Summary • Algorithms of nucleotide diversity estimates and other measures of genetic divergence for the two genes Cyt-b (cytochrome b) and Co-1 (cytochrome oxidase 1) are analyzed. Based on the theory and algorithms of distance estimates on DNA sequences, as well as on the observed distance values retrieved from literature, it is recommended for realistic tree building to use a specific nucleotide substitution model from at least 56 available.
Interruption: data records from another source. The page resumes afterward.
//! Whole runs.
ghost use Rattle.std.specs.Prelude.{◌≡◌, Err, IfOk};
ghost use Rattle.bpf_model.specs.declared.event.Answer.TheVariants.{Refused as RefusedAnswer};
ghost use Rattle.bpf_model.specs.declared.event.Event.TheVariants.{Start, Step, Drop as DropEvent};
ghost use Rattle.bpf_model.specs.declared.event.EventRefusal.{EventRefusal as Refusal_};
ghost use Rattle.world.specs.Brief.{brief_answer};
ghost use Rattle.world.specs.Through.{RunsThrough};
ghost use Rattle.world_laws.specs.Reacting.{full_reaction};

use crate::kept::Brief;
use crate::world::World;
use bpf_model::{CtxBytes, EventRefusal, MAX_SLOTS, ProgId, RunId, are_bytes};

impl World {
    /// Starts a run.
    fn start_run(&mut self, prog: ProgId, ctx: &CtxBytes) -> Brief
        ensures answer { brief_answer result ≡ (full_reaction self.old (Start prog ctx.now)).0 }
        ensures new { self.new ≡ (full_reaction self.old (Start prog ctx.now)).1 }
    {
        let _number = prog.index();
        are_bytes(ctx);
        self.parts.started(prog, ctx)
    }

    /// One step of a run.
    fn step_run(&mut self, run: RunId) -> Brief
        ensures answer { brief_answer result ≡ (full_reaction self.old (Step run)).0 }
        ensures new { self.new ≡ (full_reaction self.old (Step run)).1 }
    {
        let _number = run.index();
        self.is_world();
        self.parts.stepped(run)
    }

    /// Takes a run out of its run slot.
    fn drop_run(&mut self, run: RunId)
        ensures new { self.new ≡ (full_reaction self.old (DropEvent run)).1 }
    {
        let _number = run.index();
        let _answer = self.parts.dropped(run);
    }

    /// Runs a program on a context from its start to its exit and its drop, with nothing between its steps: the exit value. It
    /// takes no memory.
    ///
    /// Errors: why the start is refused. The clauses also allow `StillRunning`, for a run that has not ended after
    /// `MAX_SLOTS` steps. No run does that: each exits in time (`exits` of `apply`).
    pub fn run_through(&mut self, prog: ProgId, ctx: &CtxBytes) -> Result<u64, EventRefusal>
        ensures through { IfOk result (λ value. RunsThrough self.old prog ctx.now.items value self.new) }
        ensures refused { (why : Refusal_) → (full_reaction self.old (Start prog ctx.now)).0 ≡ RefusedAnswer why →
            (result ≡ Err why) }
        ensures kept { (why : Refusal_) → (full_reaction self.old (Start prog ctx.now)).0 ≡ RefusedAnswer why →
            self.new ≡ self.old }
    {
        let run = match self.start_run(prog, ctx) {
            Brief::Started(run) => run,
            Brief::Refused(refusal) => return Err(refusal),
            _ => return Err(EventRefusal::StillRunning),
        };
        let _stretch = self.run_for(run, MAX_SLOTS);
        let Brief::Exited(value) = self.step_run(run) else {
            return Err(EventRefusal::StillRunning);
        };
        self.drop_run(run);
        Ok(value)
    }
}
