//! What is asked of a world outside of events.
ghost use Rattle.std.specs.Prelude.{◌≡◌, ℕ, Some, slice_get, option_map, option_copied, IfSome, IfNone};
ghost use Rattle.bpf_model.specs.Exit.{HasNoMaps};
ghost use Rattle.world_laws.specs.Exits.{MayExitAs, ExitsAs};
ghost use Rattle.world_laws.specs.Exited.{HasExited};
ghost use Rattle.world.specs.Asking.{stat_of, IsFound, HasNone};
ghost use Rattle.bpf_model.specs.View.{RunView, shapes_of};
ghost use Rattle.world.specs.BoundTo.{IsBound};
ghost use Rattle.world.specs.Programs.{program_of};

use crate::kept::Loaded;
use crate::world::World;
use bpf_model::{CtxBytes, KeyBytes, MapId, ProgId, RunId, Stat, ValueBytes};
use machine::Run;
use maps::Registry;
use verifier::Verified;

impl World {
    /// The exit value of the run in a run slot, where it has ended and was started with this program on this
    /// context. A program verified for maps of other shapes, or for contexts of another length, is another one.
    pub fn exit_of(&self, run: RunId, program: &Verified, ctx: &CtxBytes) -> Option<u64>
        ensures some { IfSome result (λ n. HasExited self.now run program.now.program
            program.now.shapes program.now.ctx_len ctx.now.items n) }
        ensures none { IfNone result ((n : ℕ) → HasExited self.now run program.now.program
            program.now.shapes program.now.ctx_len ctx.now.items n → ⊥) }

        // The value is one of the program's definition, and without map references the only one.
        ensures may { IfSome result (λ n. MayExitAs program.now.program
            program.now.shapes ctx.now.items n) }
        ensures alone { IfSome result (λ n. HasNoMaps program.now.program →
            ExitsAs program.now.program ctx.now.items n) }
    {
        self.parts.exit_of(run, program, ctx)
    }

    /// The run in a run slot, if there is one: its registers, its frame, and where it stands.
    pub fn run(&self, run: RunId) -> Option<&Run>
        ensures some { IfSome result (λ r. slice_get self.now.runs run ≡ Some (Some r.now.view)) }
        ensures none { IfNone result ((v : RunView) → slice_get self.now.runs run ≡ Some (Some v) → ⊥) }
    {
        self.parts.run(run)
    }

    /// The maps, with their names.
    pub fn registry(&self) -> &Registry
        ensures maps { result.now.maps ≡ self.now.maps }
        ensures names { result.now.names ≡ self.now.names }
    {
        self.parts.registry()
    }

    /// The program of this number, if there is one. It is bound to maps of the shapes that it was verified for.
    pub fn program(&self, prog: ProgId) -> Option<&Loaded>
        ensures same { option_map program_of (option_copied result)
            ≡ slice_get self.now.programs prog }
        ensures bound { IfSome result (λ l. IsBound (shapes_of self.now) l.now) }
    {
        self.parts.program(prog)
    }

    /// The counts of the world.
    pub fn stat(&self) -> Stat
        ensures { result ≡ stat_of self.now }
    {
        self.parts.stat()
    }

    /// The element of a map with the least key above a bound, in byte order; every key is above no bound.
    /// `None` where there is no such element, or no map of the number.
    pub fn next_above(&self, map: MapId, bound: Option<&KeyBytes>) -> Option<(KeyBytes, ValueBytes)>
        ensures some { IfSome result (λ r. IsFound (slice_get self.now.maps map)
            (option_map (λ k. k.items) (option_copied bound.entry)) r.0.items r.1.items) }
        ensures none { IfNone result (HasNone (slice_get self.now.maps map)
            (option_map (λ k. k.items) (option_copied bound.entry))) }
    {
        self.parts.next_above(map, bound)
    }
}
Using a database of p-distances and similar measures gathered from published sources and GenBank sequences, genetic divergence of populations (1) and taxa of different rank, such as subspecies, semispecies or/and sibling species (2), species within a genus (3), species from different genera within a family (4), and species from separate families within an order (5) have been compared. • Distance data for 20,731 species reveal various and increasing levels of genetic divergence of the sequences of the two genes, Cyt-b and Co-1 (cytochrome b, and cytochrome c oxidase subunit 1), in the five groups compared. Mean unweighted scores of p-distances for five groups are: Cyt-b (1) 1.38±0.30, (2) 5.10±0.91, (3) 10.31±0.93, (4) 17.86±1.36, (5) 26.36±3.88 and Co-1 (1) 0.89±0.16, (2) 3.78±1.18, (3) 11.06±0.53, (4) 16.60±0.69, (5) 20.57±0.40. The estimates show good correspondence with other analyses. • Differences in divergence between the genes themselves at the five hierarchical levels were also found. This conforms to the ample evidence showing different and nonuniform evolution rates of these and other genes and their various regions. The results of the analysis of the nucleotide divergence within species and higher taxa of animals are (1) in a good agreement with previous results and showed the stability of a general trend, and (2) suggest that a phyletic evolution in animals prevails at the molecular level, and speciation mainly corresponds to the geographic mode (type D1) that well fails in a frame of the Biological Species Concept (BSC). The prevalence of the D1 speciation mode and the BSC does not mean that other modes are absent and concepts are invalid. It is shown how we can recognize speciation modes formally with the operational genetic criteria.